The twin issues of a skimpy housing maintenance budget and the €1 million a year spent by Louth County Council on servicing loans on landbanks they own, but cannot build on, were raised in Leinster House last week by Ruairí Ó Murchú TD.
The former Dundalk South councillor raised the local authority’s problems in the chamber during a debate on a Private Members’ motion to ban co-living.
Teachta Ó Murchú used the opportunity to tell Oireachtas members about how local authorities are ‘hamstrung’.
He said: “In Louth County Council there is a major difficulty in that for even the local authority housing we have, we have no maintenance budget.
“Combined with this, we are spending about €1 million a year on servicing the loans on landbanks, some of which were bought at the height of the Celtic Tiger boom on instruction from the Fianna Fáil government at the time.
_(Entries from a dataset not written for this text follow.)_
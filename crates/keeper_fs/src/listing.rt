ghost use Rattle.std.specs.Prelude.{◌≡◌, false, length, IfOk, All};
ghost use Rattle.keeper_fs.specs.Names.{is_file_name};
ghost use Rattle.keeper_fs.specs.Rows.{IsMessageRow};

use crate::errors::cause;
use crate::folders::Mailbox;
use crate::names::file_name;
use keeper::{Bytes, FileRow, KeepError};
use memchr::memchr;
use message_names::parse_name;
use std::alloc::{AllocError, Global};
use std::fs;
use std::fs::Files;
use std::io::{ErrorKind, Read};

/// How many bytes of a folder's names are read at once.
const NAMES_AT_ONCE: usize = 32768;

/// The message files of a mailbox: those in `new`, then those in `cur`. A folder that is not there
/// has none.
pub(crate) fn list<R: Files>(
    rt: &R,
    alloc: Global,
    account: &str,
    mailbox: &[u8],
) -> Result<Vec<FileRow>, KeepError>
    ensures outside { is_file_name mailbox.now ≡ false → result ≡ Err KeepError.Failed }
    ensures rows { IfOk result (λ rows. All IsMessageRow rows.items) }
{
    let mailbox = file_name(mailbox)?;
    let folders = Mailbox::of(alloc, account, mailbox)?;
    let mut rows = Vec::new(alloc);
    add_folder(rt, alloc, folders.new.as_str(), &mut rows)?;
    add_folder(rt, alloc, folders.cur.as_str(), &mut rows)?;
    Ok(rows)
}

/// Adds the files of a folder, in the order in which the system names them.
fn add_folder<R: Files>(
    rt: &R,
    alloc: Global,
    folder: &str,
    rows: &mut Vec<FileRow>,
) -> Result<(), KeepError>
    requires { All IsMessageRow rows.old.items }
    ensures { All IsMessageRow rows.new.items }
{
    let folder = format!(in alloc; "{folder}/")?;
    let mut names = match rt.open_dir(folder.as_str()) {
        Ok(names) => names,
        Err(error) if error.kind() == ErrorKind::NotFound => return Ok(()),
        Err(error) => return Err(cause(error)),
    };
    let mut piece = piece_of_names(alloc)?;
    for _ in 0..u64::MAX {
        let count = names.read(piece.as_mut_slice()).map_err(cause)?;
        if count == 0 {
            return Ok(());
        }
        add_names(rt, alloc, folder.as_str(), &piece[..count], rows)?;
    }
    Err(KeepError::Failed)
}

/// A buffer for the names that are read at once.
fn piece_of_names(alloc: Global) -> Result<Vec<u8>, AllocError> {
    vec![in alloc; 0; NAMES_AT_ONCE]
}

/// Adds the files of these names, each of which ends with a byte 0. It leaves out names that begin
/// with `.`.
#[tactic(auto, using(crate::proofs::RowLemmas::one_more))]
fn add_names<R: Files>(
    rt: &R,
    alloc: Global,
    folder: &str,
    names: &[u8],
    rows: &mut Vec<FileRow>,
) -> Result<(), KeepError>
    requires { All IsMessageRow rows.old.items }
    ensures { All IsMessageRow rows.new.items }
{
    let mut rest = names;
    while let Some(end) = memchr(0, rest) {
        if !rest.starts_with(b".") {
            rows.push(row_of(rt, alloc, folder, &rest[..end])?)?;
        }
        rest = &rest[end + 1..];
    }
    if rest.is_empty() {
        Ok(())
    } else {
        Err(KeepError::Failed)
    }
}

/// The row of a file. Its length is the size that its name states, or the file's own length if the
/// name states none.
fn row_of<R: Files>(rt: &R, alloc: Global, folder: &str, name: &[u8]) -> Result<FileRow, KeepError>
    ensures { IfOk result IsMessageRow }
{
    let text = file_name(name)?;
    let length = match parse_name(name).size {
        Some(size) => size,
        None => file_length(rt, alloc, folder, text)?,
    };
    Ok(FileRow {
        name: Bytes::new(name.to_vec(alloc)?),
        length,
    })
}

/// The length of a file.
fn file_length<R: Files>(
    rt: &R,
    alloc: Global,
    folder: &str,
    name: &str,
) -> Result<u64, KeepError> {
    let path = format!(in alloc; "{folder}{name}")?;
    Ok(fs::metadata(rt, path.as_str()).map_err(cause)?.len())
}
“Louth County Council has had these landbanks on its books since. Nobody has ever crystallised the losses on them and there have been constant promises from departments but never a solution.
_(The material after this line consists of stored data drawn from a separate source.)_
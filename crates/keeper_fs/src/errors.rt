ghost use Rattle.std.specs.Prelude.{◌≡◌, ◌↔◌, None};
ghost use Rattle.std.specs.IoError.{error_kind, raw_os_error};

use keeper::KeepError;
use std::io;
use std::io::ErrorKind;

/// The cause of an error: `NoMemory` if it is an out-of-memory error without an error number of the
/// system, and `Failed` if it is any other error.
pub(crate) fn cause(error: io::Error) -> KeepError
    ensures { (result ≡ KeepError.NoMemory)
        ↔ ((error_kind error ≡ ErrorKind.OutOfMemory) × (raw_os_error error ≡ None)) }
{
    if error.kind() == ErrorKind::OutOfMemory && error.raw_os_error().is_none() {
        KeepError::NoMemory
    } else {
        KeepError::Failed
    }
}

/// `Failed`, whatever the error is: for a call that changes files.
pub(crate) fn fault(_: io::Error) -> KeepError
    ensures { result ≡ KeepError.Failed }
{
    KeepError::Failed
}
“I spoke to the Minister about this and I believe he will hold a meeting with Louth County Council, to include councillors, elected representatives and the council executive.
“We are talking across the board of mixed developments. We are talking about local authority housing, or council houses, and also affordable cost rentals for those who can afford to pay a fair rent but not necessarily the €1,000, €1,200, €1,400 or €1,600 one could be paying in urban Dundalk at this point.
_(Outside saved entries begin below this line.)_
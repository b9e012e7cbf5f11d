ghost use Rattle.std.specs.Prelude.{◌≡◌, ◌↔◌, codes, IfOk, IfErr, true, false};
ghost use Rattle.std.specs.List.{list_any};
ghost use Rattle.std.specs.Str.Iter.{HasSubslice};
ghost use Rattle.keeper_fs.specs.Names.{is_separator, is_plain, is_file_name};

use memchr::memchr2;
use quota_units::Failed;

/// The text of a name of one file or folder.
///
/// # Errors
///
/// `Failed` if the name is not UTF-8, is empty, begins with `.`, or has `/` or byte 0.
#[tactic(auto, using(crate::proofs::Texts::is_text, crate::proofs::Texts::is_no_text))]
pub(crate) fn file_name(name: &[u8]) -> Result<&str, Failed>
    ensures text { IfOk result (λ text. text.now ≡ name.now) }
    ensures ok { IfOk result (λ _. is_file_name name.now ≡ true) }
    ensures refused { IfErr result (λ _. is_file_name name.now ≡ false) }
{
    match str::from_utf8(name) {
        Ok(text) if is_plain(name) => Ok(text),
        _ => Err(Failed),
    }
}

/// Whether a name is not empty, does not begin with `.`, and has neither `/` nor byte 0.
fn is_plain(name: &[u8]) -> bool
    ensures { result ≡ is_plain name.now }
{
    !name.is_empty() && !name.starts_with(b".") && !has_separator(name)
}

#[tactic(auto, using(crate::proofs::NameLemmas::found, crate::proofs::NameLemmas::missed))]
fn has_separator(name: &[u8]) -> bool
    ensures { result ≡ list_any is_separator name.now }
{
    match memchr2(0, b'/', name) {
        Some(_) => true,
        None => false,
    }
}

/// Whether a name has `:2,`, which its flags come after. There may be no flags after it.
#[tactic(auto, using(std::proofs::lemmas::Str::Pattern::contains_text))]
pub(crate) fn has_flags(name: &str) -> bool
    ensures { (result ≡ true) ↔ HasSubslice name.now (codes ":2,") }
{
    name.contains(":2,")
}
“If it were not for HAP and the extortionate amounts paid into that scheme, people would be completely without housing. We accept the reality, but the problem is that HAP sets the baseline, so we have a completely dysfunctional system that needs to be fixed.
“Affordable cost-rental accommodation, affordable mortgages and the building of council houses – those are the solutions. We do not need these bonkers battery-cage living places. This was said by people who are now in positions of power while they were in positions over here, so we need follow-through.”